#### EXERCISE BRIEF
Which lines of the data include the string "numbers"? List them all.
──────── RECORDS SHOWN ────────
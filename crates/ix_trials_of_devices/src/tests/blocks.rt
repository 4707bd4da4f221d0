//! Requests by hand, and owners over a store in memory.

use ix_blocks::{Arrival, Blocks, Claim, Fault, File, Head, MemoryKeys, Request, Seen, Step};
use std::alloc::Global;
use std::test::Fail;

const SEEN: Seen = Seen {
    head: Head {
        owner: 6,
        sequence: 2,
        length: 5,
    },
    revision: 9,
};

// What the attach of an owner that saw this asks for: its guard, the owner and the length of its
// head, how many blocks it puts, and from which one on it deletes them.
fn attach_of(alloc: Global, seen: &Seen) -> ([u64; 3], usize, Option<usize>) {
    let attach = Request::attach(alloc, seen);
    let head = attach.head;
    (
        [attach.guard, head.owner, head.length],
        attach.puts.len(),
        attach.gone_from,
    )
}

// A file of 5 bytes that became one of 8,197, and was cut to 4,097 then.
fn changed_file(alloc: Global) -> Result<File, Fail> {
    let mut file = File::synced(alloc, b"hello".to_vec(alloc)?);
    let written = file.write_at(5, &[7; 8192]);
    if written.is_err() || file.length() != 8197 {
        return Err("not written".into());
    }
    if file.cut(4097).is_err() {
        return Err("not cut".into());
    }
    Ok(file)
}

// What the first sync of that file asks for, by an owner whose attach made the revision 10: its
// guard, what its head says, how many blocks it puts, and from which one on it deletes them.
fn sync_of(alloc: Global) -> Result<([u64; 4], usize, Option<usize>), Fail> {
    let mut claim = Claim::attached(10);
    let file = changed_file(alloc)?;
    let sync = Request::sync(alloc, &mut claim, &file).ok().ok_or("sync")?;
    let head = sync.head;
    Ok((
        [sync.guard, head.owner, head.sequence, head.length],
        sync.puts.len(),
        sync.gone_from,
    ))
}

#[test]
fn a_sync_brings_the_changed_blocks(rt: HostRuntime) -> Result<(), Fail> {
    let attach = attach_of(rt.alloc(), &SEEN);
    assert!(rt; attach == ([9, 0, 5], 0, None));
    let sync = sync_of(rt.alloc())?;
    assert!(rt; sync == ([10, 10, 1, 4097], 2, Some(2)));
    Ok(())
}

// What happens in a call.
const ANSWERED: Step<'static> = Step {
    comes: &[],
    is_answered: true,
};

const LOST: Step<'static> = Step {
    comes: &[],
    is_answered: false,
};

// What two syncs answered, and the file behind them.
type Run = (Option<Fault>, Option<Fault>, (usize, [u8; 8]));

const WHOLE: Run = (None, None, (6, *b"onetwo\0\0"));

const FIRST_ALONE: Run = (
    Some(Fault::NoAnswer),
    Some(Fault::Ended),
    (3, *b"one\0\0\0\0\0"),
);

const NEITHER: Run = (Some(Fault::NoAnswer), Some(Fault::Ended), (0, [0; 8]));

// What comes in the calls of an attach and two syncs, and what is behind them. The transactions
// have the numbers 0, 1 and 2; then another owner looks, attaches, and reads.
const RUNS: [(&[Step<'static>], Run); 8] = [
    // All is answered.
    (&[], WHOLE),
    // The first sync is lost.
    (&[ANSWERED, ANSWERED, LOST], NEITHER),
    // It comes, and its answer is lost.
    (
        &[
            ANSWERED,
            ANSWERED,
            Step {
                comes: &[Arrival::Sent(1)],
                is_answered: false,
            },
        ],
        FIRST_ALONE,
    ),
    // It comes twice, and the answer to the second copy is heard.
    (
        &[
            ANSWERED,
            ANSWERED,
            Step {
                comes: &[Arrival::Sent(1)],
                is_answered: true,
            },
        ],
        WHOLE,
    ),
    // It is lost, and comes before the other owner looks.
    (
        &[
            ANSWERED,
            ANSWERED,
            LOST,
            Step {
                comes: &[Arrival::Sent(1)],
                is_answered: true,
            },
        ],
        FIRST_ALONE,
    ),
    // It is lost, and comes behind the other's attach.
    (
        &[
            ANSWERED,
            ANSWERED,
            LOST,
            ANSWERED,
            ANSWERED,
            Step {
                comes: &[Arrival::Sent(1)],
                is_answered: true,
            },
        ],
        NEITHER,
    ),
    // Copies of both syncs come behind the second.
    (
        &[
            ANSWERED,
            ANSWERED,
            ANSWERED,
            ANSWERED,
            Step {
                comes: &[Arrival::Sent(1), Arrival::Sent(2), Arrival::Sent(0)],
                is_answered: true,
            },
        ],
        WHOLE,
    ),
    // Transactions on other keys come between.
    (
        &[
            ANSWERED,
            Step {
                comes: &[Arrival::Elsewhere, Arrival::Elsewhere],
                is_answered: true,
            },
            Step {
                comes: &[Arrival::Elsewhere],
                is_answered: true,
            },
        ],
        WHOLE,
    ),
];

// Attaches the file.
fn attach(alloc: Global, keys: &mut MemoryKeys<'_>) -> Result<Blocks, Fail> {
    match Blocks::attach(alloc, keys) {
        Ok(blocks) => Ok(blocks),
        Err(_) => Err("not attached".into()),
    }
}

// Writes the bytes at the end of the file, and syncs.
fn append(
    alloc: Global,
    blocks: &mut Blocks,
    keys: &mut MemoryKeys<'_>,
    bytes: &[u8],
) -> Option<Fault> {
    let end = blocks.length();
    if let Err(why) = blocks.write_at(end, bytes) {
        return Some(Fault::NoRoom(why));
    }
    blocks.sync(alloc, keys).err()
}

// What two appends of an owner answer.
fn append_both(
    alloc: Global,
    keys: &mut MemoryKeys<'_>,
) -> Result<(Option<Fault>, Option<Fault>), Fail> {
    let mut old = attach(alloc, keys)?;
    let first = append(alloc, &mut old, keys, b"one");
    let second = append(alloc, &mut old, keys, b"two");
    Ok((first, second))
}

// The number and the bytes of the file's front, as an owner reads them that takes it over.
fn take_over(alloc: Global, keys: &mut MemoryKeys<'_>) -> Result<(usize, [u8; 8]), Fail> {
    let new = attach(alloc, keys)?;
    let mut buf = [0; 8];
    let count = new.read_at(0, &mut buf);
    Ok((count, buf))
}

fn run_of(alloc: Global, script: &[Step<'_>]) -> Result<Run, Fail> {
    let mut keys = MemoryKeys::new(alloc, script);
    let (first, second) = append_both(alloc, &mut keys)?;
    let file = take_over(alloc, &mut keys)?;
    Ok((first, second, file))
}

#[test]
fn a_sync_is_whole_whatever_comes(rt: HostRuntime) -> Result<(), Fail> {
    for (script, wanted) in RUNS {
        let seen = run_of(rt.alloc(), script)?;
        assert!(rt; seen == wanted, "{seen:?}");
    }
    Ok(())
}

// Cuts a file to its first byte, and syncs.
fn shorten(alloc: Global, blocks: &mut Blocks, keys: &mut MemoryKeys<'_>) -> Option<Fault> {
    if blocks.length() < 1 {
        return Some(Fault::Damaged);
    }
    if let Err(why) = blocks.cut(1) {
        return Some(Fault::NoRoom(why));
    }
    blocks.sync(alloc, keys).err()
}

// What an owner is answered before another one takes over, and behind that; and what that one is.
fn two_owners(alloc: Global) -> Result<[Option<Fault>; 6], Fail> {
    let mut keys = MemoryKeys::new(alloc, &[]);
    let mut old = attach(alloc, &mut keys)?;
    let before = old.check(&mut keys).err();
    let mut new = attach(alloc, &mut keys)?;
    Ok([
        before,
        old.check(&mut keys).err(),
        append(alloc, &mut old, &mut keys, b"old"),
        append(alloc, &mut new, &mut keys, b"new"),
        shorten(alloc, &mut new, &mut keys),
        new.check(&mut keys).err(),
    ])
}

#[test]
fn only_the_last_owner_syncs(rt: HostRuntime) -> Result<(), Fail> {
    let ended = Some(Fault::Ended);
    let seen = two_owners(rt.alloc())?;
    assert!(rt; seen == [None, ended, ended, None, None, None], "{seen:?}");
    Ok(())
}

// Writes 8,200 bytes in two syncs, and tells what they answered.
fn append_long(
    alloc: Global,
    keys: &mut MemoryKeys<'_>,
) -> Result<(Option<Fault>, Option<Fault>), Fail> {
    let mut old = attach(alloc, keys)?;
    let first = append(alloc, &mut old, keys, b"several ");
    let second = append(alloc, &mut old, keys, &[7; 8192]);
    Ok((first, second))
}

// The length of the file, and its bytes around the end of its first block, as an owner reads them
// that takes it over.
fn take_over_long(alloc: Global, keys: &mut MemoryKeys<'_>) -> Result<(usize, [u8; 8]), Fail> {
    let new = attach(alloc, keys)?;
    let mut buf = [0; 8];
    let _count = new.read_at(4092, &mut buf);
    Ok((new.length(), buf))
}

fn run_of_long(alloc: Global) -> Result<Run, Fail> {
    let mut keys = MemoryKeys::new(alloc, &[]);
    let (first, second) = append_long(alloc, &mut keys)?;
    let file = take_over_long(alloc, &mut keys)?;
    Ok((first, second, file))
}

#[test]
fn a_file_of_several_blocks_is_taken_over(rt: HostRuntime) -> Result<(), Fail> {
    let seen = run_of_long(rt.alloc())?;
    assert!(rt; seen == (None, None, (8200, [7; 8])), "{seen:?}");
    Ok(())
}
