//! Scans of files, one of each kind and at each fault. No command makes one: what a start finds in
//! a file is shown by `bench/commands`.

use ix_journal::{JournalFault, Scan, scan};

// A word, two places or numbers, and the number of the last boot.
type Told = (&'static str, usize, usize, u64);

// What is found in a file whose text should be this one: the records of actions, and the first
// closed gate.
fn told_of(found: Scan<'_>, text: &[u8]) -> Told {
    let word = match found.text {
        None => "unfinished",
        Some(other) if other == text => "journal",
        Some(_) => "other",
    };
    (word, found.count, found.gate, found.boots)
}

// What a scan of a file tells whose text should be this one.
fn scanned(bytes: &[u8], text: &[u8]) -> Told {
    match scan(bytes) {
        Ok(found) => told_of(found, text),
        Err(JournalFault::NotJournal) => ("foreign", 0, 0, 0),
        Err(JournalFault::Damaged { at }) => ("damaged", at, 0, 0),
        Err(JournalFault::Many) => ("many", 0, 0, 0),
    }
}

// A file, and what a scan tells of it.
const SCANS: [(&[u8], Told); 12] = [
    (b"", ("unfinished", 0, 0, 0)),
    (b"\x00#!/bin/sh", ("unfinished", 0, 0, 0)),
    (b"#!/bin/sh", ("foreign", 0, 0, 0)),
    (b"\xA5IXJ4\x00\x05a - b\x00", ("foreign", 0, 0, 0)),
    (b"\x7FIXJ1\x00\x05a - b\x00", ("journal", 0, 0, 0)),
    (b"\xA5IXJ1\x00\x05a - c\x00", ("other", 0, 12, 0)),
    (
        b"\xA5IXJ1\x00\x05a - b\xA5\x00\x01a\x00",
        ("journal", 1, 16, 0),
    ),
    (
        b"\xA5IXJ1\x00\x05a - b\x7F\x00\x01a\x00",
        ("journal", 0, 12, 0),
    ),
    (
        b"\xA5IXJ2\x00\x05a - b\xA5\x00\x06boot 1\xA5\x00\x051-1 a\x00",
        ("journal", 1, 29, 1),
    ),
    (
        b"\xA5IXJ3\x00\x05a - b\xA5\x00\x01a\xA5\x00\x0Brenewed 5 2\x00",
        ("journal", 1, 30, 2),
    ),
    (
        b"\xA5IXJ1\x00\x05a - b\xA5\x00\x01a\xA5\x00\x01",
        ("damaged", 17, 0, 0),
    ),
    (
        b"\xA5IXJ2\x00\x05a - b\xA5\x00\x06boot 2\x00",
        ("damaged", 13, 0, 0),
    ),
];

#[test]
fn scans_of_files(rt: HostRuntime) {
    for (bytes, wanted) in SCANS {
        let seen = scanned(bytes, b"a - b");
        assert!(rt; seen == wanted, "{seen:?} in {bytes:?}");
    }
}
────────
#### EXPECTED OUTPUT
// have the numbers 0, 1 and 2; then another owner looks, attaches, and reads.
// A word, two places or numbers, and the number of the last boot.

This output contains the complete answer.